MOBA Art Too Bad To Be Ignored
a work of art
Probably by Pangorda
24" x 22", Acrylic on canvas
Acquired by Tom Stankowicz from the Children's Hospital Thrift Store

A comment on issues of power as experienced by those who dwell with feline pets. Is the artist consumed with or consumed by his love for this cat? Does he identify with the personality of the startling animal? Does the similarity between these inseparable cohabitants stop short at the nose? Or is he simply trying to observe a tree-lined avenue through a cat's eyes?

Additional Information
"In the Cat's Mouth" is one of a series of five paintings presented in MOBA's Permanent Gallery as part of the "I Just Can't Stop" exhibition.

Tom Stankowicz, director of photography on MOBA's CD-ROM, had just stumbled on a set of five paintings by the same artist in a hospital thrift store. "I couldn't be sure, but I felt in my bones that this was it," said Mr. Stankowicz.

Mr. Wilson, our Esteemed Curator, was immediately alerted. Hearing the details of the find, he canceled his afternoon appointment at the local Salvation Army shop and rushed back to the MOBA offices.

Only moments after Mr. Stankowicz arrived and displayed the paintings to the stunned MOBA staff, Mr. Wilson arrived. Seeing the curator in such an agitated state, Tom tried to downplay the find -- "I can't be sure, I'm no expert."

Mr.

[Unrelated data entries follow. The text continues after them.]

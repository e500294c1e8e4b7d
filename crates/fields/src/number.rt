//! Numbers of a file: the highest byte first, signed ones in two's complement.
ghost use Rattle.std.specs.Prelude.{◌≡◌, ℕ, ◌+◌, ◌<◌, List, [], ◌∷◌, ◌++◌, length, MatchOption};
ghost use Rattle.fields.specs.Bytes.{two, four, signed_four, signed_eight};

/// A number that a file writes in a fixed number of bytes.
pub trait Number: Copy {
    /// How many bytes it takes, and which.
    ghost width: { ℕ };

    ghost written: { Self → List ℕ };

    /// The number in front, and what follows it; none exactly when there are fewer bytes.
    fn split(bytes: &[u8]) -> Option<(Self, &[u8])>
        ensures { MatchOption result (length bytes.now < width) (λ p. (bytes.now ≡ written p.0 ++ p.1.now) × (length p.1.now + width ≡ length bytes.now)) };
}

impl Number for u8 {
    ghost width = { 1 };

    ghost written = { λ n. n ∷ [] };

    fn split(bytes: &[u8]) -> Option<(u8, &[u8])> {
        let [a, rest @ ..] = bytes else {
            return None;
        };
        Some((*a, rest))
    }
}

impl Number for u16 {
    ghost width = { 2 };

    ghost written = { two };

    fn split(bytes: &[u8]) -> Option<(u16, &[u8])> {
        let [a, b, rest @ ..] = bytes else {
            return None;
        };
        Some((u16::from_be_bytes([*a, *b]), rest))
    }
}

impl Number for u32 {
    ghost width = { 4 };

    ghost written = { four };

    fn split(bytes: &[u8]) -> Option<(u32, &[u8])> {
        let [a, b, c, d, rest @ ..] = bytes else {
            return None;
        };
        Some((u32::from_be_bytes([*a, *b, *c, *d]), rest))
    }
}

impl Number for i32 {
    ghost width = { 4 };

    ghost written = { signed_four };

    fn split(bytes: &[u8]) -> Option<(i32, &[u8])> {
        let [a, b, c, d, rest @ ..] = bytes else {
            return None;
        };
        Some((i32::from_be_bytes([*a, *b, *c, *d]), rest))
    }
}

impl Number for i64 {
    ghost width = { 8 };

    ghost written = { signed_eight };

    fn split(bytes: &[u8]) -> Option<(i64, &[u8])> {
        let [a, b, c, d, e, f, g, h, rest @ ..] = bytes else {
            return None;
        };
        Some((i64::from_be_bytes([*a, *b, *c, *d, *e, *f, *g, *h]), rest))
    }
}
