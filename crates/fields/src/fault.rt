//! What can be wrong with a field.
ghost use Rattle.std.specs.Prelude.{◌≡◌};
ghost use Rattle.fields.specs.Faults.{rule};
ghost use Rattle.fields.specs.declared.fault.ReadError.TheVariants.{Memory, Field};

use std::alloc::{AllocError, AllocFailed};

/// What is wrong with a field; the comment on each is its number.
#[derive(Clone, Copy, PartialEq, Eq, Debug)]
pub enum FaultKind {
    /// 1: the head or the body passes the end of the input.
    PastEnd,
    /// 2: no field of this format has the tag.
    UnknownTag,
    /// 3: tags fall, one repeats that comes once, or one is missing.
    TagOrder,
    /// 4: the tag cannot have this length, or bytes follow the one field.
    BadLength,
    /// 5: a number is out of its range or out of order.
    OutOfRange,
    /// 6: what the field refers to is not there, or may not be referred to.
    BadReference,
    /// 8: the terms do not rise, or a coefficient is nought.
    TermOrder,
}

impl FaultKind {
    /// The number under which the fault is reported.
    pub fn number(self) -> u8
        ensures { result ≡ (rule self).number }
    {
        match self {
            FaultKind::PastEnd => 1,
            FaultKind::UnknownTag => 2,
            FaultKind::TagOrder => 3,
            FaultKind::BadLength => 4,
            FaultKind::OutOfRange => 5,
            FaultKind::BadReference => 6,
            FaultKind::TermOrder => 8,
        }
    }
}

/// A fault with its place: the offset of the field's tag byte, or the input's length for a missing tag.
#[derive(Clone, Copy, PartialEq, Eq, Debug)]
pub struct FieldFault {
    pub kind: FaultKind,
    pub offset: usize,
}

/// Why a file was not read.
#[derive(Clone, Copy, PartialEq, Eq, Debug)]
pub enum ReadError {
    /// There was no memory for the records.
    Memory,
    /// The file has this fault.
    Field(FieldFault),
}

impl From<FieldFault> for ReadError {
    ghost from_gives = { λ f r. r ≡ Field f };

    fn from(fault: FieldFault) -> ReadError {
        ReadError::Field(fault)
    }
}

impl From<AllocError> for ReadError {
    ghost from_gives = { λ _ r. r ≡ Memory };

    fn from(_e: AllocError) -> ReadError {
        ReadError::Memory
    }
}

impl<T: Drop> From<AllocFailed<T>> for ReadError {
    ghost from_gives = { λ _ r. r ≡ Memory };

    fn from(_e: AllocFailed<T>) -> ReadError {
        ReadError::Memory
    }
}
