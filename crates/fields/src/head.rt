//! Cutting fields off the front of a file.
ghost use Rattle.std.specs.Prelude.{◌≡◌, MatchResult};
ghost use Rattle.fields.specs.Bytes.{Bytes};
ghost use Rattle.fields.specs.Fields.{Begins, Cut};
ghost use Rattle.fields.specs.declared.fault.FaultKind.TheVariants.{PastEnd};

use crate::fault::FaultKind;

/// One field: its tag and its body, which stays in the file.
#[derive(Clone, Copy)]
pub struct Field<'a> {
    pub tag: u8,
    pub body: &'a [u8],
}

/// The first field and what follows it.
/// Refused exactly when the head or the body passes the end.
pub fn cut_field(input: &[u8]) -> Result<(Field<'_>, &[u8]), FaultKind>
    ensures { MatchResult result
        (λ p. Begins input.now p.0.tag p.0.body.now p.1.now × Bytes p.0.body.now)
        (λ k. (k ≡ PastEnd) × Cut input.now) }
{
    let [tag, high, low, rest @ ..] = input else {
        return Err(FaultKind::PastEnd);
    };
    let long = usize::from(u16::from_be_bytes([*high, *low]));
    if rest.len() < long {
        return Err(FaultKind::PastEnd);
    }
    let (body, rest) = rest.split_at(long);
    Ok((Field { tag: *tag, body }, rest))
}
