//! The fields of a file, one after the other.
ghost use Rattle.std.specs.Prelude.{◌≡◌, ◌≤◌, length};
ghost use Rattle.std.specs.Iterator.{at_most};

use crate::fault::FaultKind;
use crate::head::{Field, cut_field};

/// The fields of a file that are left. Behind one that passes the end nothing is left.
#[derive(Drop)]
pub struct Fields<'a> {
    pub input: &'a [u8],
    pub rest: &'a [u8],
    ghost within: { length rest.now ≤ length input.now },
}

impl<'a> Fields<'a> {
    /// The fields of an input.
    pub fn of(input: &'a [u8]) -> Fields<'a>
        ensures input { result.input.now ≡ input.now }
        ensures rest { result.rest.now ≡ input.now }
    {
        Fields { input, rest: input }
    }
}

impl<'a> Iterator for Fields<'a> {
    ghost use Rattle.fields.specs.Walks.{Cuts};

    /// The place of a field, and the field or what is wrong with it.
    type Item = (usize, Result<Field<'a>, FaultKind>);

    ghost next_gives = { Cuts };

    ghost remaining = { λ s. at_most (length s.rest.now) };

    fn next(&mut self) -> Option<(usize, Result<Field<'a>, FaultKind>)> {
        if self.rest.is_empty() {
            return None;
        }
        let offset = self.input.len() - self.rest.len();
        match cut_field(self.rest) {
            Ok((field, rest)) => {
                self.rest = rest;
                Some((offset, Ok(field)))
            }
            Err(kind) => {
                self.rest = &[];
                Some((offset, Err(kind)))
            }
        }
    }
}
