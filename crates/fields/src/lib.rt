//! Fields of a file: one tag byte, a two-byte length and a body.
#![tactic(auto)]

pub mod certificate;
pub mod fault;
pub mod head;
pub mod number;
pub mod sequence;
pub mod walk;
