//! The keys of retrieved objects.
ghost use Rattle.std.specs.Prelude.{◌≡◌};
ghost use Rattle.object_model.specs.Objects.{are_same};
ghost use Rattle.layer_model.specs.Ids.{at_key};
ghost use Rattle.terminator.specs.Shown.{bytes_of, key_asked};

use command_tables::ObjectType;
use object_model::Object;

/// By what a retrieved object is known: its owner as it stood above the terminator, its type, its place in the answer, and a
/// queue's payload.
#[derive(Clone, Copy)]
pub struct RetrievedKey<'a> {
    pub owner: Option<Object>,
    pub ty: ObjectType,
    pub place: usize,
    pub payload: &'a [u8],
}

/// The key of the result in a place, where the call retrieves.
pub fn key_at<'a>(key: Option<RetrievedKey<'a>>, place: usize) -> Option<RetrievedKey<'a>>
    ensures { key_asked result ≡ at_key (key_asked key.entry) place }
{
    match key {
        None => None,
        Some(key) => Some(RetrievedKey { place, ..key }),
    }
}

/// How many bytes of payload are kept with a result, where the call retrieves.
pub fn payload_len(key: Option<RetrievedKey<'_>>) -> usize
    ensures { result ≡ bytes_of (key_asked key.entry) }
{
    match key {
        None => 0,
        Some(key) => key.payload.len(),
    }
}

/// Whether both owners are there and are the same.
#[tactic(auto, unfolding(command_tables::specs::Tests::same_type))]
pub fn same_owner(a: Option<Object>, b: Option<Object>) -> bool
    ensures { result ≡ are_same a b }
{
    match (a, b) {
        (Some(a), Some(b)) => a == b,
        (_, _) => false,
    }
}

Wilson spotted the canvases in the corner, rushed past Mr. Stankowicz, and spun the first painting around. It was a vaguely Mediterranean scene filled with misshapen human limbs and the hindquarters of an indeterminate animal all inexplicably frozen in cubes of ice. From the dazed look on Mr. Wilson's face, all assembled knew that "this was it". One after another he viewed the remaining canvases -- that same dazed look only deepened in Mr. Wilson's eyes.

He turned slowly back towards the staff and began to speak slowly and quietly, picking up steam as he went. "Not... since... last year's find... the Bright Colors / Dark Emotions collection... have I seen a body of work from a single artist with such a bold and intuitive grasp of every thing this museum stands for. Look at them, look at them," he cried. "Five unique styles and subjects -- each one united with the next into a single unified whole... and the animals, the animals..."

No one had noticed, but yes, every canvas had a household pet, or portions of one somehow worked into the piece. In the foreground or the background in the abstract or the concrete.